Australian Prime Minister Julia Gillard, who defeated a leadership challenge on Monday, faces rising mortgage premiums as banks protect profits amid credit market costs at about the highest in more than 2 years.
The nation's four biggest banks, controlling 86 per cent of home loans, boosted interest rates independent of the central bank this month, showing rising funding costs are a bigger priority than avoiding government attacks.
The difference between the standard rate on home loans, currently 7.3 per cent, and the benchmark cash rate has held at 305 basis points since 2010, the biggest gap since 1994, central bank data show.
Mortgages are a sensitive issue for Gillard, whose Labor Party trails the opposition by 10 percentage points in opinion polls with an election due next year.
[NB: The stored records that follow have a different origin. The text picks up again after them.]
//! The forms of Python, and of model files, that this reviewer doesn't read.

ghost use Rattle.std.specs.Prelude.{◌≡◌};
ghost use Rattle.py_lexer.specs.Form.{form_name};

use std::fmt;

/// A form that isn't supported: of Python's grammar, and at the end of model files.
#[derive(Clone, Copy, Debug, PartialEq, Eq)]
pub enum Form {
    Async,
    Await,
    Lambda,
    Comprehension,
    Yield,
    With,
    Try,
    Raise,
    Global,
    Nonlocal,
    Del,
    Match,
    Walrus,
    Star,
    InnerDef,
    InnerClass,
    InnerImport,
    Bases,
    ClassKeyword,
    ClassStatement,
    Super,
    InitCall,
    StaticMethod,
    ClassMethod,
    Property,
    Slice,
    Bytes,
    Float,
    Set,
    ChainedAssignment,
    StarImport,
    RelativeImport,
    LoopElse,
    Callee,
    VariableCall,
    Decorator,
    AppliesTo,
    ParameterPath,
    ReturnPath,
    Via,
    Updates,
    Transform,
    PartialSink,
    SkipAnalysis,
    SkipOverrides,
    Sanitize,
    ModelQuery,
}

impl Form {
    /// The form's name, as faults print it.
    pub fn name(self) -> &'static str
        ensures { result.now ≡ form_name self }
    {
        match self {
            Form::Async => "async",
            Form::Await => "await",
            Form::Lambda => "lambda",
            Form::Comprehension => "comprehension",
            Form::Yield => "yield",
            Form::With => "with",
            Form::Try => "try",
            Form::Raise => "raise",
            Form::Global => "global",
            Form::Nonlocal => "nonlocal",
            Form::Del => "del",
            Form::Match => "match",
            Form::Walrus => "walrus",
            Form::Star => "star",
            Form::InnerDef => "inner def",
            Form::InnerClass => "inner class",
            Form::InnerImport => "inner import",
            Form::Bases => "bases",
            Form::ClassKeyword => "class keyword",
            Form::ClassStatement => "class statement",
            Form::Super => "super",
            Form::InitCall => "init call",
            Form::StaticMethod => "staticmethod",
            Form::ClassMethod => "classmethod",
            Form::Property => "property",
            Form::Slice => "slice",
            Form::Bytes => "bytes",
            Form::Float => "float",
            Form::Set => "set",
            Form::ChainedAssignment => "chained assignment",
            Form::StarImport => "star import",
            Form::RelativeImport => "relative import",
            Form::LoopElse => "loop else",
            Form::Callee => "callee",
            Form::VariableCall => "variable call",
            Form::Decorator => "decorator",
            Form::AppliesTo => "AppliesTo",
            Form::ParameterPath => "ParameterPath",
            Form::ReturnPath => "ReturnPath",
            Form::Via => "Via",
            Form::Updates => "Updates",
            Form::Transform => "Transform",
            Form::PartialSink => "PartialSink",
            Form::SkipAnalysis => "SkipAnalysis",
            Form::SkipOverrides => "SkipOverrides",
            Form::Sanitize => "Sanitize",
            Form::ModelQuery => "ModelQuery",
        }
    }
}

impl fmt::Display for Form {
    ghost use Rattle.std.specs.Prelude.{Some};
    ghost use Rattle.py_lexer.specs.Form.{form_name};

    ghost output = { λ form. Some (form_name form) };

    fn fmt<W: fmt::Write>(&self, f: &mut fmt::Formatter<W>) -> fmt::Result {
        f.pad(self.name())
    }
}
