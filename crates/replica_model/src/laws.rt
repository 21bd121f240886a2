//! What follows from the definitions: each function proves a law, and does nothing.
ghost use Rattle.replica_model.specs.Replaying.{AllIsReplayed};

/// A replica that has nothing, whose place is before the first event of the first log, carries out the whole of a log.
pub fn all_is_replayed()
    ensures { AllIsReplayed }
{}
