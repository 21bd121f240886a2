//! Small logs, fetched and carried out, which the checker computes.
ghost use Rattle.std.specs.Prelude.{◌≡◌, None, Some, drop, length, take};
ghost use Rattle.session_model.specs.log_model.Worked.{first_log};
ghost use Rattle.replica_model.specs.Applying.{damaged};
ghost use Rattle.replica_model.specs.Replica.{want};
ghost use Rattle.replica_model.specs.Worked.{applied_from, first_of, replica_with, second_of, served, spoiled};

/// A table and a row in it, logged as a row: where the replica fetches next, what it carries out of all bytes, of all but the last,
/// and of bytes that are damaged in the second event.
pub fn first_row_applied()
    ensures bytes { length served ≡ 348 }
    ensures wanted { want (replica_with served) ≡ record { log = 1; pos = 352 } }
    ensures count { (applied_from served).count ≡ 2 }
    ensures place { (applied_from served).replica.place ≡ record { log = 1; pos = 352 } }
    ensures number { (applied_from served).replica.number ≡ 2 }
    ensures stop { (applied_from served).stop ≡ None }
    ensures cut { (applied_from (take 347 served)).count ≡ 1 }
    ensures cut_place { (applied_from (take 347 served)).replica.place ≡ record { log = 1; pos = 206 } }
    ensures damaged { (applied_from (spoiled 136 0)).stop ≡ Some (damaged 123) }
{}

/// The log of the table and of the row by its text: what its replay makes of all bytes, and of a log that ends inside the
/// transaction.
pub fn first_text_replayed()
    ensures count { (first_of first_log).count ≡ 2 }
    ensures place { (first_of first_log).place ≡ record { log = 1; pos = 336 } }
    ensures stop { (first_of first_log).stop ≡ None }
    ensures cut { (first_of (take 330 first_log)).count ≡ 1 }
    ensures cut_place { (first_of (take 330 first_log)).place ≡ record { log = 1; pos = 206 } }
    ensures cut_stop { (first_of (take 330 first_log)).stop ≡ None }
{}

/// The same log, of which 330 bytes were replayed before: the transaction is carried out, from position 206 on; a log that ends before is
/// not, and nothing of it is carried out.
pub fn next_text_replayed()
    ensures count { (second_of (take 330 first_log) first_log).count ≡ 1 }
    ensures number { (second_of (take 330 first_log) first_log).number ≡ 2 }
    ensures place { (second_of (take 330 first_log) first_log).place ≡ record { log = 1; pos = 336 } }
    ensures short { (second_of (take 330 first_log) (take 205 first_log)).count ≡ 0 }
{}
A 10-year fixed-rate home loan, the longest listed by three of Australia's top four banks, costs at least 7.59 per cent, while US 15-year mortgages average 3.15 per cent.
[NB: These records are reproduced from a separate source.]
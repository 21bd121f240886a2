//! Operators on values, and what a left operand decides.

use super::{Part, expect_all, is_error, is_outcome, is_value, value};
use expr_ops::{binary, decided, truth, unary};
use std::alloc::Global;
use val_types::{BinOp, UnOp, Value};

/// Whether an operator gives this of two operands.
fn gives(alloc: Global, op: BinOp, a: &Part, b: &Part, wanted: &Part) -> bool {
    let a = value(alloc, a);
    let b = value(alloc, b);
    is_outcome(&binary(op, &a, &b), wanted)
}

/// How many cases hold from the first on.
fn held(alloc: Global, rows: &[(BinOp, Part, Part, Part)]) -> usize {
    for (i, (op, a, b, wanted)) in rows.iter().enumerate() {
        if !gives(alloc, *op, a, b, wanted) {
            return i;
        }
    }
    rows.len()
}

/// Operands and results of arithmetic.
static ARITHMETIC: [(BinOp, Part, Part, Part); 54] = [
    (BinOp::Add, Part::Int(2), Part::Int(-5), Part::Int(-3)),
    (BinOp::Add, Part::Null, Part::Int(1), Part::Null),
    (BinOp::Add, Part::Int(1), Part::Null, Part::Null),
    (BinOp::Add, Part::Null, Part::Null, Part::Null),
    (
        BinOp::Add,
        Part::Int(i64::MAX),
        Part::Int(0),
        Part::Int(i64::MAX),
    ),
    (
        BinOp::Add,
        Part::Int(i64::MAX),
        Part::Int(1),
        Part::Error(1690),
    ),
    (
        BinOp::Add,
        Part::Int(i64::MIN),
        Part::Int(-1),
        Part::Error(1690),
    ),
    (
        BinOp::Add,
        Part::Int(i64::MAX),
        Part::Int(i64::MIN),
        Part::Int(-1),
    ),
    (
        BinOp::Add,
        Part::Text(b"a"),
        Part::Int(1),
        Part::Error(30002),
    ),
    (
        BinOp::Add,
        Part::Int(1),
        Part::Text(b"1"),
        Part::Error(30002),
    ),
    (BinOp::Add, Part::Text(b"a"), Part::Null, Part::Error(30002)),
    (BinOp::Add, Part::Null, Part::Text(b"a"), Part::Error(30002)),
    (
        BinOp::Add,
        Part::Text(b""),
        Part::Text(b""),
        Part::Error(30002),
    ),
    (BinOp::Subtract, Part::Int(5), Part::Int(7), Part::Int(-2)),
    (
        BinOp::Subtract,
        Part::Int(i64::MIN),
        Part::Int(1),
        Part::Error(1690),
    ),
    (
        BinOp::Subtract,
        Part::Int(0),
        Part::Int(i64::MIN),
        Part::Error(1690),
    ),
    (
        BinOp::Subtract,
        Part::Int(-1),
        Part::Int(i64::MIN),
        Part::Int(i64::MAX),
    ),
    (
        BinOp::Subtract,
        Part::Null,
        Part::Text(b"a"),
        Part::Error(30002),
    ),
    (BinOp::Subtract, Part::Int(1), Part::Null, Part::Null),
    (BinOp::Multiply, Part::Int(-4), Part::Int(3), Part::Int(-12)),
    (
        BinOp::Multiply,
        Part::Int(i64::MAX),
        Part::Int(2),
        Part::Error(1690),
    ),
    (
        BinOp::Multiply,
        Part::Int(i64::MIN),
        Part::Int(-1),
        Part::Error(1690),
    ),
    (
        BinOp::Multiply,
        Part::Int(i64::MIN),
        Part::Int(1),
        Part::Int(i64::MIN),
    ),
    (
        BinOp::Multiply,
        Part::Int(3_037_000_499),
        Part::Int(3_037_000_499),
        Part::Int(9_223_372_030_926_249_001),
    ),
    (
        BinOp::Multiply,
        Part::Int(3_037_000_500),
        Part::Int(3_037_000_500),
        Part::Error(1690),
    ),
    (
        BinOp::Multiply,
        Part::Int(4_294_967_296),
        Part::Int(-2_147_483_648),
        Part::Int(i64::MIN),
    ),
    (BinOp::Multiply, Part::Int(0), Part::Null, Part::Null),
    (
        BinOp::Multiply,
        Part::Null,
        Part::Text(b"a"),
        Part::Error(30002),
    ),
    (BinOp::Divide, Part::Int(7), Part::Int(2), Part::Int(3)),
    (BinOp::Divide, Part::Int(-7), Part::Int(2), Part::Int(-3)),
    (BinOp::Divide, Part::Int(7), Part::Int(-2), Part::Int(-3)),
    (BinOp::Divide, Part::Int(-7), Part::Int(-2), Part::Int(3)),
    (
        BinOp::Divide,
        Part::Int(i64::MIN),
        Part::Int(-1),
        Part::Error(1690),
    ),
    (
        BinOp::Divide,
        Part::Int(i64::MIN),
        Part::Int(1),
        Part::Int(i64::MIN),
    ),
    (
        BinOp::Divide,
        Part::Int(i64::MAX),
        Part::Int(i64::MIN),
        Part::Int(0),
    ),
    (
        BinOp::Divide,
        Part::Int(i64::MIN),
        Part::Int(i64::MAX),
        Part::Int(-1),
    ),
    (BinOp::Divide, Part::Int(1), Part::Int(0), Part::Error(1365)),
    (BinOp::Divide, Part::Int(0), Part::Int(0), Part::Error(1365)),
    (BinOp::Divide, Part::Null, Part::Int(0), Part::Null),
    (BinOp::Divide, Part::Int(0), Part::Null, Part::Null),
    (
        BinOp::Divide,
        Part::Text(b"a"),
        Part::Int(0),
        Part::Error(30002),
    ),
    (
        BinOp::Divide,
        Part::Null,
        Part::Text(b"a"),
        Part::Error(30002),
    ),
    (BinOp::Modulo, Part::Int(7), Part::Int(2), Part::Int(1)),
    (BinOp::Modulo, Part::Int(-7), Part::Int(2), Part::Int(-1)),
    (BinOp::Modulo, Part::Int(7), Part::Int(-2), Part::Int(1)),
    (BinOp::Modulo, Part::Int(-7), Part::Int(-2), Part::Int(-1)),
    (BinOp::Modulo, Part::Int(6), Part::Int(3), Part::Int(0)),
    (
        BinOp::Modulo,
        Part::Int(i64::MIN),
        Part::Int(-1),
        Part::Int(0),
    ),
    (
        BinOp::Modulo,
        Part::Int(i64::MAX),
        Part::Int(i64::MIN),
        Part::Int(i64::MAX),
    ),
    (
        BinOp::Modulo,
        Part::Int(i64::MIN),
        Part::Int(i64::MAX),
        Part::Int(-1),
    ),
    (BinOp::Modulo, Part::Int(1), Part::Int(0), Part::Error(1365)),
    (BinOp::Modulo, Part::Null, Part::Int(0), Part::Null),
    (
        BinOp::Modulo,
        Part::Int(5),
        Part::Text(b"x"),
        Part::Error(30002),
    ),
    (
        BinOp::Modulo,
        Part::Null,
        Part::Text(b"x"),
        Part::Error(30002),
    ),
];

/// AND and OR.
static LOGIC: [(BinOp, Part, Part, Part); 28] = [
    (BinOp::And, Part::Int(0), Part::Int(0), Part::Int(0)),
    (BinOp::And, Part::Int(0), Part::Int(1), Part::Int(0)),
    (BinOp::And, Part::Int(0), Part::Null, Part::Int(0)),
    (BinOp::And, Part::Int(1), Part::Int(0), Part::Int(0)),
    (BinOp::And, Part::Int(1), Part::Int(1), Part::Int(1)),
    (BinOp::And, Part::Int(1), Part::Null, Part::Null),
    (BinOp::And, Part::Null, Part::Int(0), Part::Int(0)),
    (BinOp::And, Part::Null, Part::Int(1), Part::Null),
    (BinOp::And, Part::Null, Part::Null, Part::Null),
    (BinOp::Or, Part::Int(0), Part::Int(0), Part::Int(0)),
    (BinOp::Or, Part::Int(0), Part::Int(1), Part::Int(1)),
    (BinOp::Or, Part::Int(0), Part::Null, Part::Null),
    (BinOp::Or, Part::Int(1), Part::Int(0), Part::Int(1)),
    (BinOp::Or, Part::Int(1), Part::Int(1), Part::Int(1)),
    (BinOp::Or, Part::Int(1), Part::Null, Part::Int(1)),
    (BinOp::Or, Part::Null, Part::Int(0), Part::Null),
    (BinOp::Or, Part::Null, Part::Int(1), Part::Int(1)),
    (BinOp::Or, Part::Null, Part::Null, Part::Null),
    (BinOp::And, Part::Int(5), Part::Int(-3), Part::Int(1)),
    (BinOp::And, Part::Int(0), Part::Text(b"a"), Part::Int(0)),
    (
        BinOp::And,
        Part::Int(1),
        Part::Text(b"a"),
        Part::Error(30002),
    ),
    (BinOp::And, Part::Null, Part::Text(b"a"), Part::Error(30002)),
    (
        BinOp::And,
        Part::Text(b"a"),
        Part::Int(0),
        Part::Error(30002),
    ),
    (BinOp::Or, Part::Int(0), Part::Int(-7), Part::Int(1)),
    (BinOp::Or, Part::Int(1), Part::Text(b"a"), Part::Int(1)),
    (
        BinOp::Or,
        Part::Int(0),
        Part::Text(b"a"),
        Part::Error(30002),
    ),
    (BinOp::Or, Part::Null, Part::Text(b"a"), Part::Error(30002)),
    (
        BinOp::Or,
        Part::Text(b"a"),
        Part::Int(1),
        Part::Error(30002),
    ),
];

/// Comparisons without an order.
static UNCOMPARED: [(BinOp, Part, Part, Part); 35] = [
    (BinOp::Equal, Part::Null, Part::Int(1), Part::Null),
    (BinOp::Equal, Part::Text(b"a"), Part::Null, Part::Null),
    (BinOp::Equal, Part::Null, Part::Null, Part::Null),
    (
        BinOp::Equal,
        Part::Int(1),
        Part::Text(b"1"),
        Part::Error(30002),
    ),
    (
        BinOp::Equal,
        Part::Text(b""),
        Part::Int(0),
        Part::Error(30002),
    ),
    (BinOp::NotEqual, Part::Null, Part::Int(1), Part::Null),
    (BinOp::NotEqual, Part::Text(b"a"), Part::Null, Part::Null),
    (BinOp::NotEqual, Part::Null, Part::Null, Part::Null),
    (
        BinOp::NotEqual,
        Part::Int(1),
        Part::Text(b"1"),
        Part::Error(30002),
    ),
    (
        BinOp::NotEqual,
        Part::Text(b""),
        Part::Int(0),
        Part::Error(30002),
    ),
    (BinOp::Less, Part::Null, Part::Int(1), Part::Null),
    (BinOp::Less, Part::Text(b"a"), Part::Null, Part::Null),
    (BinOp::Less, Part::Null, Part::Null, Part::Null),
    (
        BinOp::Less,
        Part::Int(1),
        Part::Text(b"1"),
        Part::Error(30002),
    ),
    (
        BinOp::Less,
        Part::Text(b""),
        Part::Int(0),
        Part::Error(30002),
    ),
    (BinOp::LessOrEqual, Part::Null, Part::Int(1), Part::Null),
    (BinOp::LessOrEqual, Part::Text(b"a"), Part::Null, Part::Null),
    (BinOp::LessOrEqual, Part::Null, Part::Null, Part::Null),
    (
        BinOp::LessOrEqual,
        Part::Int(1),
        Part::Text(b"1"),
        Part::Error(30002),
    ),
    (
        BinOp::LessOrEqual,
        Part::Text(b""),
        Part::Int(0),
        Part::Error(30002),
    ),
    (BinOp::Greater, Part::Null, Part::Int(1), Part::Null),
    (BinOp::Greater, Part::Text(b"a"), Part::Null, Part::Null),
    (BinOp::Greater, Part::Null, Part::Null, Part::Null),
    (
        BinOp::Greater,
        Part::Int(1),
        Part::Text(b"1"),
        Part::Error(30002),
    ),
    (
        BinOp::Greater,
        Part::Text(b""),
        Part::Int(0),
        Part::Error(30002),
    ),
    (BinOp::GreaterOrEqual, Part::Null, Part::Int(1), Part::Null),
    (
        BinOp::GreaterOrEqual,
        Part::Text(b"a"),
        Part::Null,
        Part::Null,
    ),
    (BinOp::GreaterOrEqual, Part::Null, Part::Null, Part::Null),
    (
        BinOp::GreaterOrEqual,
        Part::Int(1),
        Part::Text(b"1"),
        Part::Error(30002),
    ),
    (
        BinOp::GreaterOrEqual,
        Part::Text(b""),
        Part::Int(0),
        Part::Error(30002),
    ),
    (BinOp::NullSafeEqual, Part::Null, Part::Int(1), Part::Int(0)),
    (
        BinOp::NullSafeEqual,
        Part::Text(b"a"),
        Part::Null,
        Part::Int(0),
    ),
    (BinOp::NullSafeEqual, Part::Null, Part::Null, Part::Int(1)),
    (
        BinOp::NullSafeEqual,
        Part::Int(1),
        Part::Text(b"1"),
        Part::Error(30002),
    ),
    (
        BinOp::NullSafeEqual,
        Part::Text(b""),
        Part::Int(0),
        Part::Error(30002),
    ),
];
"Bank funding costs will be a headache for the Government because voters want action that leads to lower mortgage rates," said John Sorrell, head of credit in Sydney at Tyndall Investment Management Australia.
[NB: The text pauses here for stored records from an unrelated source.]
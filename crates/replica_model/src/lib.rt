//! What a replica does: definitions and no code.
//!
//! A replica has a base, which began empty or with what its store has, and follows the log of its source: it fetches bytes, and carries out the whole groups among
//! them, one after the other, each whole or not at all (`apply_model`). It shows its rows and changes none by itself.
//!
//! The definitions stand in specs/: `Replica` (what it keeps, and where it fetches), `Applying` (APPLY), `Selecting` (a SELECT of the
//! replica), `Replaying` (the replay of a log, whole or from a place on), `Lines` (the lines that show FETCH, APPLY and a replay), `Worked`.
//!
//! - `worked`: small logs, fetched and carried out, which the checker computes
//! - `laws`: what follows from the definitions
//!
//! # Proved
//! - A replica that has nothing replays a log from its place on as the whole log ([`all_is_replayed`]).
//! - The worked log of a table and a row: where a replica fetches next, what it carries out of it, whole, cut and damaged; the replay
//!   of such a log whose row is logged by its text, whole and cut, and from a place within it on.
#![tactic(auto)]

mod laws;
mod worked;

// What is its own, and the crates below that it speaks of, passed on: who stands above names them through it.
pub use laws::all_is_replayed;
pub use log_file_model;
pub use worked::{first_row_applied, first_text_replayed, next_text_replayed};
"The Government's hands are tied due to the perceived need for a strong banking system."
Policy makers will lower the developed world's highest benchmark rate to 4 per cent in May from 4.25 per cent now, then keep it unchanged through year-end, according to the median estimate of economists surveyed by Bloomberg News.
The central bank unexpectedly kept its benchmark lending rate unchanged on February 7, confounding the forecasts of 24 of 27 analysts surveyed who predicted a cut.
Commonwealth Bank of Australia increased the rate on a variable rate home loan by 10 basis points to 7.41 per cent in the days following the RBA's February 7 policy announcement.
National Australia Bank added 9 basis points to 7.31 per cent, Westpac Banking boosted the cost by 10 basis points to 7.46 per cent, while ANZ Bank added 6 basis points to 7.36 per cent.
Treasurer Wayne Swan condemned the actions, urging customers to switch lenders.
Australia's four largest banks have raised A$10.2 billion in bonds in the domestic market this year, up 62 per cent from the same period of last year, Bloomberg data show.
Fitch Ratings downgraded Westpac, Commonwealth Bank and National Australia to AA- from AA on February 24, citing their vulnerability because of the banks' dependence on wholesale funding markets. About 40 per cent of the lenders' funding comes from bond investors, with about 60 per cent of that from overseas, according to Fitch.
National Australia Bank's chief executive Cameron Clyne reported earnings were buffeted by narrower lending margins, in a statement on February 7.
"It's costing banks more to borrow in the wholesale markets at the present time and that means to protect their return on capital they need to reflect that and it's a key driver of how they set their loan rates," said Glenn Feben, head of fixed interest at Perennial Investment Partners.
Australian home prices fell 4.8 per cent in 2011, the biggest drop on record, as the European debt crisis kept a lid on demand, the statistics bureau said. Credit for home buyers rose 5.4 per cent in December from a year earlier, the smallest annual increase since 1977, when central bank data begins.
Australian household debt as a proportion of disposable income tripled over the past 20 years to 150.3 per cent in the quarter to September 30, central bank data shows. That compares with 133 per cent in the US at the height of the sub-prime-mortgage boom.